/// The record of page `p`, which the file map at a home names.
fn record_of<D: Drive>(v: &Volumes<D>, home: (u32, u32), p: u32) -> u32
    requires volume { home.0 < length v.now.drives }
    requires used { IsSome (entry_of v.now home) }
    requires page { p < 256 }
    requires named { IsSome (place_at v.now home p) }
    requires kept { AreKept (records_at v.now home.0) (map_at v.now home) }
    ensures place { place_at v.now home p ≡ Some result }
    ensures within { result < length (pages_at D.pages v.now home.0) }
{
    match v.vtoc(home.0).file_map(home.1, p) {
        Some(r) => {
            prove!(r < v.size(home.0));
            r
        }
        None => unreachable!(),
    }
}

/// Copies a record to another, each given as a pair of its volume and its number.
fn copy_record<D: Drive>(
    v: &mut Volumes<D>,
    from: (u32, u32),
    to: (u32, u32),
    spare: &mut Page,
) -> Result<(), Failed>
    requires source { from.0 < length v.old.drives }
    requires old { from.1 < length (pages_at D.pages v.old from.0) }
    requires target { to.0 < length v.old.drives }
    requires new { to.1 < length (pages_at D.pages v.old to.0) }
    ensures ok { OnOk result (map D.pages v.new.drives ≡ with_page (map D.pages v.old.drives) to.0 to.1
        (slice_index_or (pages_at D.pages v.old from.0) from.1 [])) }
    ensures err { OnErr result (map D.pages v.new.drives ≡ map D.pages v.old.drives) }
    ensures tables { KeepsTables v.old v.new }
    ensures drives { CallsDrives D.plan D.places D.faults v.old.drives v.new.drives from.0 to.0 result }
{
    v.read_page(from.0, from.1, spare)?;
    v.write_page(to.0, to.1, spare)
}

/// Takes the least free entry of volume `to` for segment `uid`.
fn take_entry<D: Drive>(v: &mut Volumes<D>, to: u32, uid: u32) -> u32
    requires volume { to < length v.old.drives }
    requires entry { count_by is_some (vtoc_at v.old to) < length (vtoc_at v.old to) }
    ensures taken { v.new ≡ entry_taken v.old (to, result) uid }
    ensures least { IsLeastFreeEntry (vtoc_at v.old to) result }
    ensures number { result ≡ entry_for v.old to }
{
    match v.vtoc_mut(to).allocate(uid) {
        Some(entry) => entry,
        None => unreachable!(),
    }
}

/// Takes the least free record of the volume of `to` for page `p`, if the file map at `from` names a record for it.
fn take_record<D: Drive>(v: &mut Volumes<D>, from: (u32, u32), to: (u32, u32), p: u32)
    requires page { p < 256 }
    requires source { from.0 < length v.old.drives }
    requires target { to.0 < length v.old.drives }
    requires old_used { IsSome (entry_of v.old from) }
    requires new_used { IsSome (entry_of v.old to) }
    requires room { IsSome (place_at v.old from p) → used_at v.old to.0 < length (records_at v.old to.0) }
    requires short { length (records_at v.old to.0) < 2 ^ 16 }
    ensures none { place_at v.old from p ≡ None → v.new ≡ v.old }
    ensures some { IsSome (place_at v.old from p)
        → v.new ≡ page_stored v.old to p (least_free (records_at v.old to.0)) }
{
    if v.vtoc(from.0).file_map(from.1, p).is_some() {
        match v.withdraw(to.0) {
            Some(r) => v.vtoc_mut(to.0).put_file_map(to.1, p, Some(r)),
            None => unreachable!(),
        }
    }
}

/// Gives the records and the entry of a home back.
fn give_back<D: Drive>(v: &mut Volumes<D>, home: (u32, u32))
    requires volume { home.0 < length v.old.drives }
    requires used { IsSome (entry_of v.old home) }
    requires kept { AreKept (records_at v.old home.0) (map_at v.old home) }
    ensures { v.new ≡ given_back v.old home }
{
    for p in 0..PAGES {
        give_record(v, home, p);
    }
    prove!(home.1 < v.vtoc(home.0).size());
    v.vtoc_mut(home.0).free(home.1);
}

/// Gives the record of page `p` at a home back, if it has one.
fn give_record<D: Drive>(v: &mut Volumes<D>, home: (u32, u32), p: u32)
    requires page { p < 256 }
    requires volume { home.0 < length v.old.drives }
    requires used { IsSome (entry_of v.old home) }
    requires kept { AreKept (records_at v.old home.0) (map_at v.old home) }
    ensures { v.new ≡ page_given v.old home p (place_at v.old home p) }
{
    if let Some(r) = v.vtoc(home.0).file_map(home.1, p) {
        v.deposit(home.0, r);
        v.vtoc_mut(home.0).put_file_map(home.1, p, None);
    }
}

——

• [DIRECTIONS]:
Every entry must be repeated exactly; none may be skipped.

• [EXERCISE ANSWER]:
/// The record of page `p`, which the file map at a home names.
fn record_of<D: Drive>(v: &Volumes<D>, home: (u32, u32), p: u32) -> u32
    requires volume { home.0 < length v.now.drives }
    requires used { IsSome (entry_of v.now home) }
    requires page { p < 256 }
    requires named { IsSome (place_at v.now home p) }
    requires kept { AreKept (records_at v.now home.0) (map_at v.now home) }
    ensures place { place_at v.now home p ≡ Some result }
    ensures within { result < length (pages_at D.pages v.now home.0) }
{
    match v.vtoc(home.0).file_map(home.1, p) {
        Some(r) => {
            prove!(r < v.size(home.0));
            r
        }
        None => unreachable!(),
    }
}

/// Copies a record to another, each given as a pair of its volume and its number.
fn copy_record<D: Drive>(
    v: &mut Volumes<D>,
    from: (u32, u32),
    to: (u32, u32),
    spare: &mut Page,
) -> Result<(), Failed>
    requires source { from.0 < length v.old.drives }
    requires old { from.1 < length (pages_at D.pages v.old from.0) }
    requires target { to.0 < length v.old.drives }
    requires new { to.1 < length (pages_at D.pages v.old to.0) }
    ensures ok { OnOk result (map D.pages v.new.drives ≡ with_page (map D.pages v.old.drives) to.0 to.1
        (slice_index_or (pages_at D.pages v.old from.0) from.1 [])) }
    ensures err { OnErr result (map D.pages v.new.drives ≡ map D.pages v.old.drives) }
    ensures tables { KeepsTables v.old v.new }
    ensures drives { CallsDrives D.plan D.places D.faults v.old.drives v.new.drives from.0 to.0 result }
{
    v.read_page(from.0, from.1, spare)?;
    v.write_page(to.0, to.1, spare)
}

/// Takes the least free entry of volume `to` for segment `uid`.
fn take_entry<D: Drive>(v: &mut Volumes<D>, to: u32, uid: u32) -> u32
    requires volume { to < length v.old.drives }
    requires entry { count_by is_some (vtoc_at v.old to) < length (vtoc_at v.old to) }
    ensures taken { v.new ≡ entry_taken v.old (to, result) uid }
    ensures least { IsLeastFreeEntry (vtoc_at v.old to) result }
    ensures number { result ≡ entry_for v.old to }
{
    match v.vtoc_mut(to).allocate(uid) {
        Some(entry) => entry,
        None => unreachable!(),
    }
}

/// Takes the least free record of the volume of `to` for page `p`, if the file map at `from` names a record for it.
fn take_record<D: Drive>(v: &mut Volumes<D>, from: (u32, u32), to: (u32, u32), p: u32)
    requires page { p < 256 }
    requires source { from.0 < length v.old.drives }
    requires target { to.0 < length v.old.drives }
    requires old_used { IsSome (entry_of v.old from) }
    requires new_used { IsSome (entry_of v.old to) }
    requires room { IsSome (place_at v.old from p) → used_at v.old to.0 < length (records_at v.old to.0) }
    requires short { length (records_at v.old to.0) < 2 ^ 16 }
    ensures none { place_at v.old from p ≡ None → v.new ≡ v.old }
    ensures some { IsSome (place_at v.old from p)
        → v.new ≡ page_stored v.old to p (least_free (records_at v.old to.0)) }
{
    if v.vtoc(from.0).file_map(from.1, p).is_some() {
        match v.withdraw(to.0) {
            Some(r) => v.vtoc_mut(to.0).put_file_map(to.1, p, Some(r)),
            None => unreachable!(),
        }
    }
}

/// Gives the records and the entry of a home back.
fn give_back<D: Drive>(v: &mut Volumes<D>, home: (u32, u32))
    requires volume { home.0 < length v.old.drives }
    requires used { IsSome (entry_of v.old home) }
    requires kept { AreKept (records_at v.old home.0) (map_at v.old home) }
    ensures { v.new ≡ given_back v.old home }
{
    for p in 0..PAGES {
        give_record(v, home, p);
    }
    prove!(home.1 < v.vtoc(home.0).size());
    v.vtoc_mut(home.0).free(home.1);
}

/// Gives the record of page `p` at a home back, if it has one.
fn give_record<D: Drive>(v: &mut Volumes<D>, home: (u32, u32), p: u32)
    requires page { p < 256 }
    requires volume { home.0 < length v.old.drives }
    requires used { IsSome (entry_of v.old home) }
    requires kept { AreKept (records_at v.old home.0) (map_at v.old home) }
    ensures { v.new ≡ page_given v.old home p (place_at v.old home p) }
{
    if let Some(r) = v.vtoc(home.0).file_map(home.1, p) {
        v.deposit(home.0, r);
        v.vtoc_mut(home.0).put_file_map(home.1, p, None);
    }
}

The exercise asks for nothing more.